> **ASSIGNED TASK**:
Please find every line in the entries below that contains the string "objects", and copy it.

▬▬▬▬▬▬

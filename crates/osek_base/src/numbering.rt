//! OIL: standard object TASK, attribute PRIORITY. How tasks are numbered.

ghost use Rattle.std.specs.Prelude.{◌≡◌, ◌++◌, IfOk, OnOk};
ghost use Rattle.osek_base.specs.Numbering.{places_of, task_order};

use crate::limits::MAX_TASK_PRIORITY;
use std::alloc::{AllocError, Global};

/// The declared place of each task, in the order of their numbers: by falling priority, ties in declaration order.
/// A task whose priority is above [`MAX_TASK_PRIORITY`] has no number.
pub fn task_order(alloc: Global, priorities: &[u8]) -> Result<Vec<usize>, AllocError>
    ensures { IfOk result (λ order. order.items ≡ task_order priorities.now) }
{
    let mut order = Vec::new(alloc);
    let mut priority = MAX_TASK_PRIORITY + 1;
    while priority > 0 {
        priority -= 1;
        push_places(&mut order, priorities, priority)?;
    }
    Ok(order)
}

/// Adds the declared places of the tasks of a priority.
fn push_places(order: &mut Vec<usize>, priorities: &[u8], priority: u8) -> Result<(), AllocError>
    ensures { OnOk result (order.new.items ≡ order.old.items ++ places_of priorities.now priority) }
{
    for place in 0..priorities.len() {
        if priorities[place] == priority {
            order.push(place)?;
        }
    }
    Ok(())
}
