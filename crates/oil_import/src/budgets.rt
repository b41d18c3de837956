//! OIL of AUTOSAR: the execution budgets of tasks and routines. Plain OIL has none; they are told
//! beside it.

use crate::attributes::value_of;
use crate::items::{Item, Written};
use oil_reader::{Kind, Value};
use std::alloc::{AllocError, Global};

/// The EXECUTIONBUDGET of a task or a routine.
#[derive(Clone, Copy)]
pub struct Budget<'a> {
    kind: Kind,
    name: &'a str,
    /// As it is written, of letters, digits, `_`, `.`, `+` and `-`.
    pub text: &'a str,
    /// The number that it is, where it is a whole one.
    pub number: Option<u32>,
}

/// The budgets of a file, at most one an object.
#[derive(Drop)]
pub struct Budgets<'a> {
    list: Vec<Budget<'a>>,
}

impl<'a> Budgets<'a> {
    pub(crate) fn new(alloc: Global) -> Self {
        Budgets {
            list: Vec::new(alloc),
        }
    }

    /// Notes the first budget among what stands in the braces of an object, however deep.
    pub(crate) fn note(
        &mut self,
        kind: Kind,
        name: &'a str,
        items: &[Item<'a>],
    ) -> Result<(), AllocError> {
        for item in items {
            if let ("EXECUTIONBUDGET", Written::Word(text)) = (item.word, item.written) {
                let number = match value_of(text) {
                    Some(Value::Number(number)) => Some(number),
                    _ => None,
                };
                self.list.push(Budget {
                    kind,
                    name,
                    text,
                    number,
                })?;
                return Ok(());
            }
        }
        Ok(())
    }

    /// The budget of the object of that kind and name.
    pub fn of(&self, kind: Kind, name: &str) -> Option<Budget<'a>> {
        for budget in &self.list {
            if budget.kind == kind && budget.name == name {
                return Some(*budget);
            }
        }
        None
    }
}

▬▬▬▬▬▬

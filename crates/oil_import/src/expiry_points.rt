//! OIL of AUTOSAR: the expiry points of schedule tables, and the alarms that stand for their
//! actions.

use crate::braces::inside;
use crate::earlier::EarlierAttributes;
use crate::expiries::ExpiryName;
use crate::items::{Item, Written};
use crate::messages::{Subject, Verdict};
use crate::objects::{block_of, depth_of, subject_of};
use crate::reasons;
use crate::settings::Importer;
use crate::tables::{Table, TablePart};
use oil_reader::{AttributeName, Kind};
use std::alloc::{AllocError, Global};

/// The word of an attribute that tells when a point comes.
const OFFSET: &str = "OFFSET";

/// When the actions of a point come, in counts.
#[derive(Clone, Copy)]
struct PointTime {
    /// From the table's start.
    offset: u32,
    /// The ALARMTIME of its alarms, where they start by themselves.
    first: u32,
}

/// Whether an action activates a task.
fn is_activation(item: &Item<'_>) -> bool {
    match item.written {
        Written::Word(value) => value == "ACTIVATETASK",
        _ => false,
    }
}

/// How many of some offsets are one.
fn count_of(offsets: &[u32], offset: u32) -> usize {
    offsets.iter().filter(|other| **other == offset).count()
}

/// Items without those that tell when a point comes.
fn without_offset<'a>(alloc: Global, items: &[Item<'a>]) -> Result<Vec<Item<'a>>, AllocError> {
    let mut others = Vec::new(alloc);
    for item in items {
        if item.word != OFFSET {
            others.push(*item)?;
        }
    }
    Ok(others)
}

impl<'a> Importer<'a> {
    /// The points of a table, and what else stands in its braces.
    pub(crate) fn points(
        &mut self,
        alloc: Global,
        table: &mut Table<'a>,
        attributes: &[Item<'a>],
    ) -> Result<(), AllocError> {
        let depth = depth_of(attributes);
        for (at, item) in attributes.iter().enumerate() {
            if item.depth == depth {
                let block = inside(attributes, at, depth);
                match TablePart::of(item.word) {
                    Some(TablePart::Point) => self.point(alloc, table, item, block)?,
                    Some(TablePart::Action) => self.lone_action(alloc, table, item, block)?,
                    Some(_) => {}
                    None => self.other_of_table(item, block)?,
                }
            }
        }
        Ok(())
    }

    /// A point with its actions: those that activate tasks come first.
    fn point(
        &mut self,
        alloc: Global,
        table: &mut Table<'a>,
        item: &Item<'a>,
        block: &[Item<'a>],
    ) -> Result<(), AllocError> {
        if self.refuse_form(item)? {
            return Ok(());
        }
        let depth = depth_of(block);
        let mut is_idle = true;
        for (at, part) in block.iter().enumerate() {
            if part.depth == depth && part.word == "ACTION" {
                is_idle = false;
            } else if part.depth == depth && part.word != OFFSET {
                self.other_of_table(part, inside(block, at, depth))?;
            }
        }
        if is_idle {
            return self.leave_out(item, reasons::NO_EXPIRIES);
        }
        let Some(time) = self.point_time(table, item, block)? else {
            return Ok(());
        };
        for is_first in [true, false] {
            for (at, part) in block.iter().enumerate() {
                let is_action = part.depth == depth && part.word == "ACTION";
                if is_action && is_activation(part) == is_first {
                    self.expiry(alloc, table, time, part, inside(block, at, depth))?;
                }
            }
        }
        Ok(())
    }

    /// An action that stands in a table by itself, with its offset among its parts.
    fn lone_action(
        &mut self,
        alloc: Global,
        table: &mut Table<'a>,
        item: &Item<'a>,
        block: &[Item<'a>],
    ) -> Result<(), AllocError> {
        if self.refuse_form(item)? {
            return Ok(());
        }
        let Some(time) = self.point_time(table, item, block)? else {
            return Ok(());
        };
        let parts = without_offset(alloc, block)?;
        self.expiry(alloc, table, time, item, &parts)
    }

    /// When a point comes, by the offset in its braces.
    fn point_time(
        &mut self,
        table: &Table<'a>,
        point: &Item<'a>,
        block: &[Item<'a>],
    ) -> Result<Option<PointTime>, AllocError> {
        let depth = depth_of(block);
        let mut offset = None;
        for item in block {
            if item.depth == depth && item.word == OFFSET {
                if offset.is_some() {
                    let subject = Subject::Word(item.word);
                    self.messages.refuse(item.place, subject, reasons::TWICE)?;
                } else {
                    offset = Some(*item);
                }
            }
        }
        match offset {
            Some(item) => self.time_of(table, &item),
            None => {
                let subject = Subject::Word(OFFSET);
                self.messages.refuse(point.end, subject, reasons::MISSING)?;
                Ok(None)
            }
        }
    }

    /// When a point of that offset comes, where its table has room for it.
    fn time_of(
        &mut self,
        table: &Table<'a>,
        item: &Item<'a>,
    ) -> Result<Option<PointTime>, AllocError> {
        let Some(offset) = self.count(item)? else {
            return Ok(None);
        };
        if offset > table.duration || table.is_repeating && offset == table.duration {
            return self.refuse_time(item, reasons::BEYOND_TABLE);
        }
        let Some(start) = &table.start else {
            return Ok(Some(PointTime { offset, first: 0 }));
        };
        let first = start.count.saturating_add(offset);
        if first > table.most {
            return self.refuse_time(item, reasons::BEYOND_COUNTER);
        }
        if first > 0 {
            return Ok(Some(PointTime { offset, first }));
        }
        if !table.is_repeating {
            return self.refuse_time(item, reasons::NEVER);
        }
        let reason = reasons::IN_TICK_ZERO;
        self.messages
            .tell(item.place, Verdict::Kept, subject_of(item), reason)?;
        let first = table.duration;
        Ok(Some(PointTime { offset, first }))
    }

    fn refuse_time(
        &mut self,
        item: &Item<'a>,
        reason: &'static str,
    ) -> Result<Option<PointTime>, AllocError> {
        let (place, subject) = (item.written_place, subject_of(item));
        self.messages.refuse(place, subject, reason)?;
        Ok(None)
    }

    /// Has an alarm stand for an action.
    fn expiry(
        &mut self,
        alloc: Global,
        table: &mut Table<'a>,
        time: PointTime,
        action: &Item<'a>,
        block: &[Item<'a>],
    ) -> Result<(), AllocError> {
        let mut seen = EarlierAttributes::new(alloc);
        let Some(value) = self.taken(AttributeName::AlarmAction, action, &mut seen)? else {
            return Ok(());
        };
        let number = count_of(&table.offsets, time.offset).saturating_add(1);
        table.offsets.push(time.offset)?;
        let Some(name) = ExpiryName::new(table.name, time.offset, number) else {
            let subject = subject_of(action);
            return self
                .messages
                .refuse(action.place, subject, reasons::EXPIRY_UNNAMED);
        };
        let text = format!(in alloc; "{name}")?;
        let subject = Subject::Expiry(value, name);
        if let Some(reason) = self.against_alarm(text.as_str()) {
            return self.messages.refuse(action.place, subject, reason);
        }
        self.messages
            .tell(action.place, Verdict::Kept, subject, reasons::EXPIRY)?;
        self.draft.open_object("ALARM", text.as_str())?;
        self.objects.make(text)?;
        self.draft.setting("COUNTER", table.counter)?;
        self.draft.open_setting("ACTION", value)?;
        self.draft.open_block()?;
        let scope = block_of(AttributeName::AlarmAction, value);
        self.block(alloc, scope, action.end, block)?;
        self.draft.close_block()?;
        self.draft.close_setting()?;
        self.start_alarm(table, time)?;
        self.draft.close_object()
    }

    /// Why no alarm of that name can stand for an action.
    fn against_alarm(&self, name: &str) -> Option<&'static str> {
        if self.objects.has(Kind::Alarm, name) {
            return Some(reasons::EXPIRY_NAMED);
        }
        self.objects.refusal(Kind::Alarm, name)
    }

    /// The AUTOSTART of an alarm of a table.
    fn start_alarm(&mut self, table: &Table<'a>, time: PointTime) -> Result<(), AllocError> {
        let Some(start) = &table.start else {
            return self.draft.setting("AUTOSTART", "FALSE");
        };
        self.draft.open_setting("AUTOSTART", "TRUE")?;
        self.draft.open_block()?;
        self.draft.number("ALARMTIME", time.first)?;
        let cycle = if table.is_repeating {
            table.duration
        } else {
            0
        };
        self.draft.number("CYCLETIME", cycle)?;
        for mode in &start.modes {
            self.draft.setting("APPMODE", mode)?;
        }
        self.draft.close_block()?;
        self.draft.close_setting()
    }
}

▬▬▬▬▬▬

> **TASK RESPONSE**:
use crate::objects::{block_of, depth_of, subject_of};
        self.objects.make(text)?;
        if self.objects.has(Kind::Alarm, name) {
        self.objects.refusal(Kind::Alarm, name)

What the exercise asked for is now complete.